Quadratic Formula Calculator

How the Quadratic Formula Works

A quadratic equation is any polynomial of the form ax² + bx + c = 0, where a ≠ 0. The quadratic formula provides the exact solution for any such equation by expressing the roots (x-intercepts) in terms of the coefficients a, b, and c.

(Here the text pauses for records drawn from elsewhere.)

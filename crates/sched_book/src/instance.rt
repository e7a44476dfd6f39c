//! Instances of workunits, and what happened to them.

ghost use Rattle.std.specs.Prelude.{◌≡◌, Some};
ghost use Rattle.std.specs.Bool.{Decides};
ghost use Rattle.sched_book.specs.Count.{tells_success, tells_error, is_judged, is_held, is_live, CountAlike, is_open, has_failed};
ghost use Rattle.sched_book.specs.Places.{host_of, is_owned_by, is_held_by, was_sent, is_overdue};
ghost use Rattle.sched_book.specs.Reports.{awaits_report};
ghost use Rattle.sched_book.specs.Settle.{fresh};

use crate::moment::Moment;
use crate::rows::Workunit;
use texts::{Listed, Same, Text};

/// The place of an instance: that of its workunit in the order of imports, from 1, and its number in the
/// workunit, from 0. Jobs are offered and sent in the order of their places.
#[derive(Clone, Copy, Debug, PartialEq, Eq, PartialOrd, Ord)]
pub struct Place {
    pub unit: u32,
    pub number: u32,
}

/// The host to which an instance was given.
#[derive(Clone, Copy, PartialEq, Eq)]
pub struct Owner {
    /// The host's number.
    pub host: u32,
    pub sent: Moment,
    /// The last second of its time, in seconds since 1970-01-01T00:00:00Z.
    pub deadline: u64,
}

/// Why an instance that its host held ended without a report.
#[derive(Clone, Copy, Debug, PartialEq, Eq)]
pub enum Lapse {
    /// Its deadline passed.
    Late,
    /// Its host lost it, and it was not sent again.
    Dropped,
}

/// What was reported of an instance.
#[derive(Clone, PartialEq, Eq, Drop)]
pub struct Outcome {
    /// A success, or else a client error.
    pub success: bool,
    pub output: Text,
    /// Its place among the judged reports of its workunit, from 1, if it was judged.
    pub place: Option<u32>,
}

/// An instance of a workunit: one result that a host is to compute, computes or computed.
#[derive(Clone, PartialEq, Eq, Drop)]
pub struct Instance {
    pub owner: Option<Owner>,
    pub lapse: Option<Lapse>,
    pub report: Option<Outcome>,
}

/// A workunit with its instances. An instance's number is its index.
#[derive(Clone, Drop)]
pub struct UnitBook {
    pub unit: Workunit,
    pub instances: Listed<Instance>,
}

/// The status of a workunit.
#[derive(Clone, Copy, Debug, PartialEq, Eq)]
pub enum Status {
    Open,
    /// It has a canonical result.
    Done,
    /// It had more errors than it may have.
    FailedErrors,
    /// It had more successes than it may have, without a decision.
    FailedSuccess,
    /// It would need more instances than it may have.
    FailedTotal,
}

/// The verdict on a judged success of a workunit that is done.
#[derive(Clone, Copy, Debug, PartialEq, Eq)]
pub enum Verdict {
    /// Its output agrees with that of the canonical result.
    Valid,
    Invalid,
}

impl Outcome {
    /// Whether it is a success that was judged.
    pub fn is_judged_success(&self) -> bool
        ensures { result ≡ tells_success (Some self.now) }
    {
        self.success && self.place.is_some()
    }

    /// Whether it is a client error that was judged.
    pub fn is_judged_error(&self) -> bool
        ensures { result ≡ tells_error (Some self.now) }
    {
        !self.success && self.place.is_some()
    }
}

impl Instance {
    /// An instance that was given to nobody.
    pub fn unsent() -> Instance
        ensures { result ≡ fresh }
    {
        Instance {
            owner: None,
            lapse: None,
            report: None,
        }
    }

    /// The number of the host that it was given to, if it was given to one.
    pub fn owner_host(&self) -> Option<u32>
        ensures { result ≡ host_of self.now }
    {
        self.owner.as_ref().map(|owner| owner.host)
    }

    /// Whether it was given to the host of this number.
    pub fn is_owned_by(&self, host: u32) -> bool
        ensures { result ≡ is_owned_by host self.now }
    {
        self.owner_host().is_some_and(|owner| owner == host)
    }

    /// Whether a host holds it: it was given to a host, and has neither report nor lapse.
    pub fn is_held(&self) -> bool
        ensures { result ≡ is_held self.now }
    {
        self.owner.is_some() && self.report.is_none() && self.lapse.is_none()
    }

    /// Whether the host of this number holds it.
    pub fn is_held_by(&self, host: u32) -> bool
        ensures { result ≡ is_held_by host self.now }
    {
        self.is_owned_by(host) && self.is_held()
    }

    /// Whether it was given to the host of this number on a day.
    pub(crate) fn was_sent(&self, host: u32, day: u64) -> bool
        ensures { result ≡ was_sent host day self.now }
    {
        match &self.owner {
            None => false,
            Some(owner) => owner.host == host && owner.sent.day() == day,
        }
    }

    /// Whether it is held and its deadline is before `now`.
    pub(crate) fn is_overdue(&self, now: Moment) -> bool
        ensures { result ≡ is_overdue now self.now }
    {
        match &self.owner {
            None => false,
            Some(owner) => self.is_held() && owner.deadline < now.seconds(),
        }
    }

    /// Whether it may still bring a result: it was not given to a host, or a host holds it.
    pub fn is_live(&self) -> bool
        ensures { result ≡ is_live self.now }
    {
        self.owner.is_none() || self.is_held()
    }

    /// Whether it counts like another: both have the same report, and both or neither may still bring a result.
    pub fn counts_like(&self, other: &Instance) -> bool
        ensures { Decides result (CountAlike self.now other.now) }
    {
        self.is_live() == other.is_live() && self.report == other.report
    }

    /// Whether it was given to the host of this number, which has not reported it yet.
    pub fn awaits_report_of(&self, host: u32) -> bool
        ensures { result ≡ awaits_report host self.now }
    {
        self.is_owned_by(host) && self.report.is_none()
    }

    /// Whether it has a judged report of a success.
    pub fn is_judged_success(&self) -> bool
        ensures { result ≡ tells_success self.now.report }
    {
        match &self.report {
            None => false,
            Some(outcome) => outcome.is_judged_success(),
        }
    }

    /// Whether it has a judged report of a client error.
    pub fn is_judged_error(&self) -> bool
        ensures { result ≡ tells_error self.now.report }
    {
        match &self.report {
            None => false,
            Some(outcome) => outcome.is_judged_error(),
        }
    }

    /// Whether a report on it was judged.
    pub fn is_judged(&self) -> bool
        ensures { result ≡ is_judged self.now }
    {
        match &self.report {
            None => false,
            Some(outcome) => outcome.place.is_some(),
        }
    }
}

impl Status {
    /// Whether a workunit of this status takes part in new grants.
    pub fn is_open(self) -> bool
        ensures { result ≡ is_open self }
    {
        match self {
            Status::Open => true,
            Status::Done | Status::FailedErrors | Status::FailedSuccess | Status::FailedTotal => {
                false
            }
        }
    }

    /// Whether a workunit of this status has failed.
    pub fn has_failed(self) -> bool
        ensures { result ≡ has_failed self }
    {
        match self {
            Status::Open | Status::Done => false,
            Status::FailedErrors | Status::FailedSuccess | Status::FailedTotal => true,
        }
    }
}

impl Same for Instance {
    ghost use Rattle.std.proofs.Common.{rules};

    ghost exact = { λ instance copy is_copy. Prim.search rules };
}

impl Same for UnitBook {
    ghost use Rattle.std.proofs.Common.{rules};

    ghost exact = { λ book copy is_copy. Prim.search rules };
}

Enter the three coefficients — a (coefficient of x²), b (coefficient of x), and c (the constant) — and the calculator shows both roots, the discriminant, vertex coordinates, and step-by-step working.

The Quadratic Formula

x = (−b ± √(b² − 4ac)) / 2a Discriminant Δ = b² − 4ac Vertex: x = −b/2a, y = c − b²/4a

Interpreting the Discriminant

Discriminant	Nature of Roots	Graph Behavior
Δ > 0	Two distinct real roots	Parabola crosses x-axis at two points
Δ = 0	One repeated real root	Parabola touches x-axis at one point (vertex)
Δ < 0	Two complex (imaginary) roots	Parabola doesn't cross x-axis

Frequently Asked Questions

The quadratic formula, x = (−b ± √(b² − 4ac)) / 2a, solves any equation of the form ax² + bx + c = 0. It was known to ancient Babylonian mathematicians and provides exact solutions including complex roots when the discriminant is negative.

Factoring is faster when roots are integers or simple fractions (like x² − 5x + 6 = (x−2)(x−3)). The quadratic formula always works for any quadratic, regardless of root type, and is especially necessary when roots are irrational or complex. The formula is particularly useful in physics, engineering, and financial modeling.

When the discriminant (b² − 4ac) is negative, the square root of a negative number appears in the formula, producing complex (imaginary) roots. These are written as a ± bi where i = √(−1). Complex roots always come in conjugate pairs. They indicate the parabola doesn't intersect the x-axis.

The vertex is the highest or lowest point of the parabola. For ax² + bx + c, the vertex x-coordinate is −b/(2a) and the y-coordinate is c − b²/(4a). If a > 0, the vertex is the minimum point; if a < 0, it's the maximum. The vertex is also the axis of symmetry of the parabola.